TorchGeo Integration¶
RasteretDataset in torchgeo.datasets is the supported integration point for
using Rasteret collections in TorchGeo training pipelines. Install both packages
and pass a collection directly:
from torchgeo.datasets import RasteretDataset
from torchgeo.samplers import RandomGeoSampler
dataset = RasteretDataset(collection=collection, bands=["B04", "B03", "B02"])
sampler = RandomGeoSampler(dataset, size=256, length=100)
This page covers the underlying public boundary that RasteretDataset (and any
custom GeoDataset subclass) relies on:
collection.to_table(...)— for building the spatial/temporal sampling indexcollection.read_window(...)— for chip-level pixel reads
That split keeps TorchGeo dataset semantics on the TorchGeo side while Rasteret owns collection metadata, COG planning, and byte-range pixel reads.
Build A Sampling Table¶
import rasteret
collection = rasteret.load("my_experiment")

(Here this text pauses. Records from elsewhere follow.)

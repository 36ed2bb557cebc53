//! What a step answers, and how that is printed.
use numbers::refusal::Refusal;
use std::fmt;

/// The answer to a step.
#[derive(Clone, Copy)]
pub enum Reply {
    Done,
    Refused(Refusal),
    Pattern(u64),
    Number(u64),
    /// The state does not allow the step.
    NotAllowed,
    /// The line writes no step.
    NoStep,
}

/// The answer of a call that enters products.
impl From<Result<(), Refusal>> for Reply {
    fn from(res: Result<(), Refusal>) -> Reply {
        res.map_or_else(Reply::Refused, |()| Reply::Done)
    }
}

/// The answer of a reading.
impl From<Result<u64, Refusal>> for Reply {
    fn from(res: Result<u64, Refusal>) -> Reply {
        res.map_or_else(Reply::Refused, Reply::Pattern)
    }
}

impl fmt::Display for Reply {
    fn fmt<W: fmt::Write>(&self, f: &mut fmt::Formatter<W>) -> fmt::Result {
        match *self {
            Reply::Done => write!(f, "ok"),
            Reply::Refused(refusal) => write!(f, "no {refusal}"),
            Reply::Pattern(pattern) => write!(f, "{pattern:016x}"),
            Reply::Number(number) => write!(f, "{number}"),
            Reply::NotAllowed => write!(f, "state"),
            Reply::NoStep => write!(f, "step"),
        }
    }
}
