//! The steps of a queue, and how a line of text writes one.
ghost use Rattle.std.specs.Prelude.{◌≡◌, false};
ghost use Rattle.player.specs.Played.{sort_of, enters};

use crate::text::{ReadError, read_bytes, read_count, read_list, read_pattern};
use readings::forms::Form;
use runs::queue;
use runs::queue::Call;
use std::alloc::Global;
use std::str::FromStr;

/// The make of the condenser that a run is opened on.
#[derive(Clone, Copy)]
pub enum Table {
    Pairing,
    Column,
    /// Room for two pieces.
    Duo,
}

impl FromStr for Table {
    type Err = ReadError;

    fn from_str(word: &str) -> Result<Table, ReadError> {
        match word {
            "pairing" => Ok(Table::Pairing),
            "column" => Ok(Table::Column),
            "duo" => Ok(Table::Duo),
            _ => Err(ReadError::NoStep),
        }
    }
}

/// A slice of elements of one kind.
// beside the library's Elements: this one owns what that one lends
#[derive(Drop)]
pub enum Elements {
    Patterns(Vec<u64>),
    Counts(Vec<i32>),
}

impl Elements {
    /// The same elements, lent to a call.
    fn lent(&self) -> queue::Elements<'_> {
        match self {
            Elements::Patterns(patterns) => queue::Elements::Patterns(patterns.as_slice()),
            Elements::Counts(counts) => queue::Elements::Counts(counts.as_slice()),
        }
    }
}

/// A step of a queue.
#[derive(Drop)]
pub enum Step {
    Open(Table),
    Take(Elements, Elements),
    Withdraw(Elements, Elements),
    SheetLine(Vec<u8>),
    Seal,
    Resume,
    Read(Form),
    Count,
}

impl Step {
    /// The call that the step makes on an open run, where it makes one.
    pub(crate) fn call(&self) -> Option<Call<'_>>
        ensures call { enters (sort_of self.now) ≡ false → result ≡ None }
    {
        match self {
            Step::Take(firsts, seconds) => Some(Call::Take(firsts.lent(), seconds.lent())),
            Step::Withdraw(firsts, seconds) => Some(Call::Withdraw(firsts.lent(), seconds.lent())),
            Step::SheetLine(line) => Some(Call::SheetLine(line.as_slice())),
            _ => None,
        }
    }
}

/// The step that a line writes.
pub(crate) fn read_step(heap: Global, line: &str) -> Result<Step, ReadError> {
    match line.split_once(' ') {
        None => read_word(heap, line),
        Some((word, rest)) => read_words(heap, word, rest),
    }
}

/// A step of one word.
fn read_word(heap: Global, word: &str) -> Result<Step, ReadError> {
    match word {
        "line" => Ok(Step::SheetLine(Vec::new(heap))),
        "seal" => Ok(Step::Seal),
        "resume" => Ok(Step::Resume),
        "count" => Ok(Step::Count),
        _ => Err(ReadError::NoStep),
    }
}

/// A step of a word and what is behind it.
fn read_words(heap: Global, word: &str, rest: &str) -> Result<Step, ReadError> {
    match word {
        "line" => Ok(Step::SheetLine(read_bytes(heap, rest.as_bytes())?)),
        "open" => Ok(Step::Open(rest.parse()?)),
        "take" => read_slices(heap, rest, Step::Take),
        "withdraw" => read_slices(heap, rest, Step::Withdraw),
        "read" => Ok(Step::Read(read_form(rest)?)),
        _ => Err(ReadError::NoStep),
    }
}

/// The step of two slices.
fn read_slices<F: FnOnce(Elements, Elements) -> Step>(
    heap: Global,
    rest: &str,
    step: F,
) -> Result<Step, ReadError>
    requires call { F.IsAlwaysCallable step }
{
    let (first, second) = rest.split_once(' ').ok_or(ReadError::NoStep)?;
    Ok(step(read_elements(heap, first)?, read_elements(heap, second)?))
}

/// The letter of a kind, a colon, and elements parted by commas.
fn read_elements(heap: Global, word: &str) -> Result<Elements, ReadError> {
    match word.split_once(':') {
        Some(("p", list)) => Ok(Elements::Patterns(read_list(heap, list, read_pattern)?)),
        Some(("c", list)) => Ok(Elements::Counts(read_list(heap, list, read_count)?)),
        _ => Err(ReadError::NoStep),
    }
}

/// A direction and a width.
fn read_form(rest: &str) -> Result<Form, ReadError> {
    let (direction, width) = rest.split_once(' ').ok_or(ReadError::NoStep)?;
    Ok(Form {
        direction: direction.parse()?,
        width: width.parse()?,
    })
}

table = collection.to_table(
columns=[
"id",
"datetime",
"geometry",
"proj:epsg",
"label",
"B08_metadata",
"B04_metadata",
"B03_metadata",
],
)
TorchGeo can turn this Arrow-native collection metadata into its own GeoPandas index, choose a sampling CRS/resolution, and keep Rasteret focused on pixel reads.
Read A Fixed Grid Window¶
window = collection.read_window(
record_ids=table.column("id").to_pylist()[:1],
bounds=(500000.0, 999000.0, 501280.0, 1000000.0),
res=(10.0, 10.0),
bands=["B08", "B04", "B03"],
)
read_window(...) returns a NumPy array on the exact query grid. Overlapping
records are mosaicked internally with fixed-grid semantics.
Filtering¶
Metadata and attribute filtering (cloud cover, date range, custom columns)
belongs on the collection before construction. Spatial ROI is a sampler
concern — pass roi= to RandomGeoSampler. dataset.index is a public
GeoDataFrame and can be sliced after construction if needed.

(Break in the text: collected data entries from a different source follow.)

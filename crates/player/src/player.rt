//! The run that is played, open or sealed, on a condenser of one make or another, and the steps that each state allows.
ghost use Rattle.std.specs.Prelude.{◌≡◌, false};
ghost use Rattle.player.specs.Played.{condenser_of, is_open, sort_of, enters, stays_open, opens};

use crate::reply::Reply;
use crate::step::{Step, Table};
use condensers::column_table::ColumnTable;
use condensers::condenser::Condenser;
use condensers::pairing_table::PairingTable;
use run_trials::duo::Duo;
use runs::run::{Open, Sealed};

/// A run over a condenser.
#[derive(Drop)]
pub enum Run<C> {
    Open(Open<C>),
    Sealed(Sealed<C>),
}

/// What is played: nothing before the first opening, and then a run.
#[derive(Drop)]
pub enum Player {
    Idle,
    Pairing(Run<PairingTable>),
    Column(Run<ColumnTable>),
    Duo(Run<Duo>),
}

impl Player {
    /// Makes a step, or leaves everything as it is where the state does not allow it.
    pub(crate) fn play(&mut self, step: &Step) -> Reply {
        if let Step::Open(table) = step {
            *self = Player::opened(*table);
            return Reply::Done;
        }
        match std::mem::replace(self, Player::Idle) {
            Player::Idle => Reply::NotAllowed,
            Player::Pairing(run) => self.play_on(run, step, Player::Pairing),
            Player::Column(run) => self.play_on(run, step, Player::Column),
            Player::Duo(run) => self.play_on(run, step, Player::Duo),
        }
    }

    /// Makes a step on a run of one make, and keeps the run after it.
    fn play_on<C: Condenser + Drop, F: FnOnce(Run<C>) -> Player>(
        &mut self,
        run: Run<C>,
        step: &Step,
        player: F,
    ) -> Reply
        requires call { F.IsAlwaysCallable player }
    {
        let (next, reply) = run.step(step);
        *self = player(next);
        reply
    }

    fn opened(table: Table) -> Player {
        match table {
            Table::Pairing => Player::Pairing(Run::Open(Open::new(PairingTable::new()))),
            Table::Column => Player::Column(Run::Open(Open::new(ColumnTable::new()))),
            Table::Duo => Player::Duo(Run::Open(Open::new(Duo::Empty))),
        }
    }
}

impl<C: Condenser + Drop> Run<C> {
    /// The run after a step, and the answer.
    fn step(self, step: &Step) -> (Run<C>, Reply) {
        match self {
            Run::Open(run) => open_step(run, step),
            Run::Sealed(run) => sealed_step(run, step),
        }
    }
}

/// A step on an open run: a call, or the seal.
fn open_step<C: Condenser + Drop>(run: Open<C>, step: &Step) -> (Run<C>, Reply)
    ensures unchanged { enters (sort_of step.now) ≡ false → condenser_of result.0 ≡ run.condenser }
    ensures after { is_open result.0 ≡ stays_open (sort_of step.now) }
{
    if let Step::Seal = step {
        return (Run::Sealed(run.seal()), Reply::Done);
    }
    let mut run = run;
    let reply = match step.call() {
        Some(call) => Reply::from(run.call(&call)),
        None => Reply::NotAllowed,
    };
    (Run::Open(run), reply)
}

/// A step on a sealed run: a reading, the count, or the resumption.
fn sealed_step<C: Condenser + Drop>(run: Sealed<C>, step: &Step) -> (Run<C>, Reply)
    ensures unchanged { condenser_of result.0 ≡ run.condenser }
    ensures after { is_open result.0 ≡ opens (sort_of step.now) }
{
    let reply = match step {
        Step::Resume => return (Run::Open(run.resume()), Reply::Done),
        Step::Read(form) => Reply::from(run.read(*form)),
        Step::Count => Reply::Number(run.products()),
        _ => Reply::NotAllowed,
    };
    (Run::Sealed(run), reply)
}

subset(...) covers the common cases. For anything more complex — joins,
custom expressions, multi-step transforms — the collection is Arrow-native,
so you can work with it in DuckDB, Polars, or pandas and wrap the result back
with rasteret.as_collection(table, data_source=collection.data_source).
Use collection.subset(...) for common filters:
train = collection.subset(cloud_cover_lt=20)
table = train.to_table(
columns=[
"id",
"datetime",
"geometry",
"proj:epsg",
"biomass_value",
"B04_metadata",
"B03_metadata",
"B02_metadata",
"B08_metadata",
],
)
For adding split and label columns before this step, see Bring Your Own AOIs, Points, And Metadata. For benchmark methodology and current numbers, see Benchmarks and the TorchGeo Benchmark: Rasteret vs Native Rasterio notebook.